▸ **Your objective**
Write each entry out again exactly, with nothing omitted.

Stored items
Start of Block

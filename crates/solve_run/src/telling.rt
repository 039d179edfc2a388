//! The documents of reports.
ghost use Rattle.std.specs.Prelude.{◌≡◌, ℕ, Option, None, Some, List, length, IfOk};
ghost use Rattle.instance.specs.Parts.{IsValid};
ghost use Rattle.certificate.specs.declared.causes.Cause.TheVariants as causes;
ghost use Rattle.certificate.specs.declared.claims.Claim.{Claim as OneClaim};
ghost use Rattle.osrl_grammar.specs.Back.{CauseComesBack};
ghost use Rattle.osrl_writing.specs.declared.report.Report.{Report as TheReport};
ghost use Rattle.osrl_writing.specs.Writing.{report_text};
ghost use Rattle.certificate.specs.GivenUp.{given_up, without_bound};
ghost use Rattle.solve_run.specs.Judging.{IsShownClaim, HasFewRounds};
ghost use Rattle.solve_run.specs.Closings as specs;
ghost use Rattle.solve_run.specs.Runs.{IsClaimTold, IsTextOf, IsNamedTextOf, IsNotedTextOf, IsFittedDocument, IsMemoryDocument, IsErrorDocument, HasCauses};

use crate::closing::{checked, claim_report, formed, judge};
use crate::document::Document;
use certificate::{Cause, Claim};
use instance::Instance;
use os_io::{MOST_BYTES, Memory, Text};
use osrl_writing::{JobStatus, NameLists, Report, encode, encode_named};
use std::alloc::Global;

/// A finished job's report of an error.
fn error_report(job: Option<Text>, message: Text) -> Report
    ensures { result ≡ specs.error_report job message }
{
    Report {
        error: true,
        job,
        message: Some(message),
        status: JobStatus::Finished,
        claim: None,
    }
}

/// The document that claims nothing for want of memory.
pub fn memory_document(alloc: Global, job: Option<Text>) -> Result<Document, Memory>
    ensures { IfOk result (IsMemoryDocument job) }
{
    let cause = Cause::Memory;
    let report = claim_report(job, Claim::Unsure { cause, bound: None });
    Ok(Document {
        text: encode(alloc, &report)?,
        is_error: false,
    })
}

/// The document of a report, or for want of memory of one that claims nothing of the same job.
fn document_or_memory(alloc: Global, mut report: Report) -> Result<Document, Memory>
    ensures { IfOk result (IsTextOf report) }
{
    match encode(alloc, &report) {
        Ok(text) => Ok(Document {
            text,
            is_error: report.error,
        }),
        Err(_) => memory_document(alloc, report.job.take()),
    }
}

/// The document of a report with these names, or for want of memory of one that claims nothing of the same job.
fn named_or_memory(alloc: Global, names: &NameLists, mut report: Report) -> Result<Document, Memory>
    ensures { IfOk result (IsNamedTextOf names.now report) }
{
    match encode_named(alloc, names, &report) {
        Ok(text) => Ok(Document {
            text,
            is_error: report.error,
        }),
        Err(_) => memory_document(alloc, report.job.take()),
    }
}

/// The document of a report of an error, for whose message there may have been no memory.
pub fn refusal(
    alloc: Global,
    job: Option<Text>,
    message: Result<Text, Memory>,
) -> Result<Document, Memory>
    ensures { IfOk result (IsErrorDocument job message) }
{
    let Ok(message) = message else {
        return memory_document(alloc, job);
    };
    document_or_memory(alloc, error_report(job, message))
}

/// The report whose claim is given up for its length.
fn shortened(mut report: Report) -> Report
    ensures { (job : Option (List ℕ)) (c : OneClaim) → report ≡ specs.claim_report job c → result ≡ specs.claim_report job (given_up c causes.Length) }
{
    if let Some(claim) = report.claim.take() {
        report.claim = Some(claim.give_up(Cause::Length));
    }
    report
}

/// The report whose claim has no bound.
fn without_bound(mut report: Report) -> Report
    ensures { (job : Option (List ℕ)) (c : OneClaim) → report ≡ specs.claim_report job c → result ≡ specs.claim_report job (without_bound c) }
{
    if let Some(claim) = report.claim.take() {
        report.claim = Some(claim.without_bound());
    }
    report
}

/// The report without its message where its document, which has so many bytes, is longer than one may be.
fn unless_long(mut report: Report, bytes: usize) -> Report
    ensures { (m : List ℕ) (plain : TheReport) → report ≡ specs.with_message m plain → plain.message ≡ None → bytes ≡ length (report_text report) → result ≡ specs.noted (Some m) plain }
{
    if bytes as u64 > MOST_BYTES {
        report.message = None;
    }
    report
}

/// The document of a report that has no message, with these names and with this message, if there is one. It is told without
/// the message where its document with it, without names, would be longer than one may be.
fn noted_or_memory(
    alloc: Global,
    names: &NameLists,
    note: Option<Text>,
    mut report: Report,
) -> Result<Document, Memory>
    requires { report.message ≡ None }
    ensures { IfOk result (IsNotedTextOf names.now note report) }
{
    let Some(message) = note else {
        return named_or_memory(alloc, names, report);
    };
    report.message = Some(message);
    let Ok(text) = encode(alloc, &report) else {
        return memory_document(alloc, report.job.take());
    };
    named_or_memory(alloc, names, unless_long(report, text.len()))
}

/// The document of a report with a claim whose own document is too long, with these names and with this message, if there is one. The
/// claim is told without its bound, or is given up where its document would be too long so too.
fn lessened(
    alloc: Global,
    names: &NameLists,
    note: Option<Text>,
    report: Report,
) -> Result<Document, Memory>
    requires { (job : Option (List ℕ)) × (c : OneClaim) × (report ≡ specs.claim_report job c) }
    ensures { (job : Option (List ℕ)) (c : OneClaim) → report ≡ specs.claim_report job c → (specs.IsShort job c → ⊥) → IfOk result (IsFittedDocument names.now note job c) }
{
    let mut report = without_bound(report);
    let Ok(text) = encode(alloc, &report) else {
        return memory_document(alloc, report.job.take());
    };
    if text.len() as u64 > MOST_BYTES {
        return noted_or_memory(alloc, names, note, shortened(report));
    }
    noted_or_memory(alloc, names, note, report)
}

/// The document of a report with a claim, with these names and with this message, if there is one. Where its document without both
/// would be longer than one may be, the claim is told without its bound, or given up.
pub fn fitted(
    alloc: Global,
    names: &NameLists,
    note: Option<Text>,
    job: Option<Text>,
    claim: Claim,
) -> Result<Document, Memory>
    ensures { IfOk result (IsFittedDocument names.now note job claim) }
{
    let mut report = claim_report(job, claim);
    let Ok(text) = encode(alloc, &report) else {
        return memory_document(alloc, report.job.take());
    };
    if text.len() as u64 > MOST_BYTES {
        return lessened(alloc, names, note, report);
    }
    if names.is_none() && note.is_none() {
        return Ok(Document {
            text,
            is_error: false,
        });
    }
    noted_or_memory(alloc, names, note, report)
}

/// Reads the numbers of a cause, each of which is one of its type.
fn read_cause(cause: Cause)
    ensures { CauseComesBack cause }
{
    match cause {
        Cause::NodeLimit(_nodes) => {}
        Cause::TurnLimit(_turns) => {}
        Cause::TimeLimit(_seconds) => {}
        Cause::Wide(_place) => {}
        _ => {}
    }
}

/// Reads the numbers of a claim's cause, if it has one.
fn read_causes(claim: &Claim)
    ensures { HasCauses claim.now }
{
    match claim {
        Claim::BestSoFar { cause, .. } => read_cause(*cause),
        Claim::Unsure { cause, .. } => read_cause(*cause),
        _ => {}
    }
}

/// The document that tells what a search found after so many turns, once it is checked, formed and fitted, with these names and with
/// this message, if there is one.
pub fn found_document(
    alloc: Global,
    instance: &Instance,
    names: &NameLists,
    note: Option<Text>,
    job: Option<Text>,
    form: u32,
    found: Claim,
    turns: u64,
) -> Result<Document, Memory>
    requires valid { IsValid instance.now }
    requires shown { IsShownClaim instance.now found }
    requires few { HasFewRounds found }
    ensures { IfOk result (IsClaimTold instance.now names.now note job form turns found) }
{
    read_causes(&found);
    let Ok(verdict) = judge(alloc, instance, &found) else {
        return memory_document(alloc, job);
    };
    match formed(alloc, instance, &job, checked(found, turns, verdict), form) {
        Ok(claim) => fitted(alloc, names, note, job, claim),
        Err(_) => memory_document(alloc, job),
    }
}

End of Block

▸ **Exercise answer**
filename crates/solve_run/src/telling.rt
repository 039d179edfc2a388
//! The documents of reports.
ghost use Rattle.std.specs.Prelude.{◌≡◌, ℕ, Option, None, Some, List, length, IfOk};
ghost use Rattle.instance.specs.Parts.{IsValid};
ghost use Rattle.certificate.specs.declared.causes.Cause.TheVariants as causes;
ghost use Rattle.certificate.specs.declared.claims.Claim.{Claim as OneClaim};
ghost use Rattle.osrl_grammar.specs.Back.{CauseComesBack};
ghost use Rattle.osrl_writing.specs.declared.report.Report.{Report as TheReport};
ghost use Rattle.osrl_writing.specs.Writing.{report_text};
ghost use Rattle.certificate.specs.GivenUp.{given_up, without_bound};
ghost use Rattle.solve_run.specs.Judging.{IsShownClaim, HasFewRounds};
ghost use Rattle.solve_run.specs.Closings as specs;
ghost use Rattle.solve_run.specs.Runs.{IsClaimTold, IsTextOf, IsNamedTextOf, IsNotedTextOf, IsFittedDocument, IsMemoryDocument, IsErrorDocument, HasCauses};

use crate::closing::{checked, claim_report, formed, judge};
use crate::document::Document;
use certificate::{Cause, Claim};
use instance::Instance;
use os_io::{MOST_BYTES, Memory, Text};
use osrl_writing::{JobStatus, NameLists, Report, encode, encode_named};
use std::alloc::Global;

/// A finished job's report of an error.
fn error_report(job: Option<Text>, message: Text) -> Report
    ensures { result ≡ specs.error_report job message }
{
    Report {
        error: true,
        job,
        message: Some(message),
        status: JobStatus::Finished,
        claim: None,
    }
}

/// The document that claims nothing for want of memory.
pub fn memory_document(alloc: Global, job: Option<Text>) -> Result<Document, Memory>
    ensures { IfOk result (IsMemoryDocument job) }
{
    let cause = Cause::Memory;
    let report = claim_report(job, Claim::Unsure { cause, bound: None });
    Ok(Document {
        text: encode(alloc, &report)?,
        is_error: false,
    })
}

/// The document of a report, or for want of memory of one that claims nothing of the same job.
fn document_or_memory(alloc: Global, mut report: Report) -> Result<Document, Memory>
    ensures { IfOk result (IsTextOf report) }
{
    match encode(alloc, &report) {
        Ok(text) => Ok(Document {
            text,
            is_error: report.error,
        }),
        Err(_) => memory_document(alloc, report.job.take()),
    }
}

/// The document of a report with these names, or for want of memory of one that claims nothing of the same job.
fn named_or_memory(alloc: Global, names: &NameLists, mut report: Report) -> Result<Document, Memory>
    ensures { IfOk result (IsNamedTextOf names.now report) }
{
    match encode_named(alloc, names, &report) {
        Ok(text) => Ok(Document {
            text,
            is_error: report.error,
        }),
        Err(_) => memory_document(alloc, report.job.take()),
    }
}

/// The document of a report of an error, for whose message there may have been no memory.
pub fn refusal(
    alloc: Global,
    job: Option<Text>,
    message: Result<Text, Memory>,
) -> Result<Document, Memory>
    ensures { IfOk result (IsErrorDocument job message) }
{
    let Ok(message) = message else {
        return memory_document(alloc, job);
    };
    document_or_memory(alloc, error_report(job, message))
}

/// The report whose claim is given up for its length.
fn shortened(mut report: Report) -> Report
    ensures { (job : Option (List ℕ)) (c : OneClaim) → report ≡ specs.claim_report job c → result ≡ specs.claim_report job (given_up c causes.Length) }
{
    if let Some(claim) = report.claim.take() {
        report.claim = Some(claim.give_up(Cause::Length));
    }
    report
}

/// The report whose claim has no bound.
fn without_bound(mut report: Report) -> Report
    ensures { (job : Option (List ℕ)) (c : OneClaim) → report ≡ specs.claim_report job c → result ≡ specs.claim_report job (without_bound c) }
{
    if let Some(claim) = report.claim.take() {
        report.claim = Some(claim.without_bound());
    }
    report
}

/// The report without its message where its document, which has so many bytes, is longer than one may be.
fn unless_long(mut report: Report, bytes: usize) -> Report
    ensures { (m : List ℕ) (plain : TheReport) → report ≡ specs.with_message m plain → plain.message ≡ None → bytes ≡ length (report_text report) → result ≡ specs.noted (Some m) plain }
{
    if bytes as u64 > MOST_BYTES {
        report.message = None;
    }
    report
}

/// The document of a report that has no message, with these names and with this message, if there is one. It is told without
/// the message where its document with it, without names, would be longer than one may be.
fn noted_or_memory(
    alloc: Global,
    names: &NameLists,
    note: Option<Text>,
    mut report: Report,
) -> Result<Document, Memory>
    requires { report.message ≡ None }
    ensures { IfOk result (IsNotedTextOf names.now note report) }
{
    let Some(message) = note else {
        return named_or_memory(alloc, names, report);
    };
    report.message = Some(message);
    let Ok(text) = encode(alloc, &report) else {
        return memory_document(alloc, report.job.take());
    };
    named_or_memory(alloc, names, unless_long(report, text.len()))
}

/// The document of a report with a claim whose own document is too long, with these names and with this message, if there is one. The
/// claim is told without its bound, or is given up where its document would be too long so too.
fn lessened(
    alloc: Global,
    names: &NameLists,
    note: Option<Text>,
    report: Report,
) -> Result<Document, Memory>
    requires { (job : Option (List ℕ)) × (c : OneClaim) × (report ≡ specs.claim_report job c) }
    ensures { (job : Option (List ℕ)) (c : OneClaim) → report ≡ specs.claim_report job c → (specs.IsShort job c → ⊥) → IfOk result (IsFittedDocument names.now note job c) }
{
    let mut report = without_bound(report);
    let Ok(text) = encode(alloc, &report) else {
        return memory_document(alloc, report.job.take());
    };
    if text.len() as u64 > MOST_BYTES {
        return noted_or_memory(alloc, names, note, shortened(report));
    }
    noted_or_memory(alloc, names, note, report)
}

/// The document of a report with a claim, with these names and with this message, if there is one. Where its document without both
/// would be longer than one may be, the claim is told without its bound, or given up.
pub fn fitted(
    alloc: Global,
    names: &NameLists,
    note: Option<Text>,
    job: Option<Text>,
    claim: Claim,
) -> Result<Document, Memory>
    ensures { IfOk result (IsFittedDocument names.now note job claim) }
{
    let mut report = claim_report(job, claim);
    let Ok(text) = encode(alloc, &report) else {
        return memory_document(alloc, report.job.take());
    };
    if text.len() as u64 > MOST_BYTES {
        return lessened(alloc, names, note, report);
    }
    if names.is_none() && note.is_none() {
        return Ok(Document {
            text,
            is_error: false,
        });
    }
    noted_or_memory(alloc, names, note, report)
}

/// Reads the numbers of a cause, each of which is one of its type.
fn read_cause(cause: Cause)
    ensures { CauseComesBack cause }
{
    match cause {
        Cause::NodeLimit(_nodes) => {}
        Cause::TurnLimit(_turns) => {}
        Cause::TimeLimit(_seconds) => {}
        Cause::Wide(_place) => {}
        _ => {}
    }
}

/// Reads the numbers of a claim's cause, if it has one.
fn read_causes(claim: &Claim)
    ensures { HasCauses claim.now }
{
    match claim {
        Claim::BestSoFar { cause, .. } => read_cause(*cause),
        Claim::Unsure { cause, .. } => read_cause(*cause),
        _ => {}
    }
}

/// The document that tells what a search found after so many turns, once it is checked, formed and fitted, with these names and with
/// this message, if there is one.
pub fn found_document(
    alloc: Global,
    instance: &Instance,
    names: &NameLists,
    note: Option<Text>,
    job: Option<Text>,
    form: u32,
    found: Claim,
    turns: u64,
) -> Result<Document, Memory>
    requires valid { IsValid instance.now }
    requires shown { IsShownClaim instance.now found }
    requires few { HasFewRounds found }
    ensures { IfOk result (IsClaimTold instance.now names.now note job form turns found) }
{
    read_causes(&found);
    let Ok(verdict) = judge(alloc, instance, &found) else {
        return memory_document(alloc, job);
    };
    match formed(alloc, instance, &job, checked(found, turns, verdict), form) {
        Ok(claim) => fitted(alloc, names, note, job, claim),
        Err(_) => memory_document(alloc, job),
    }
}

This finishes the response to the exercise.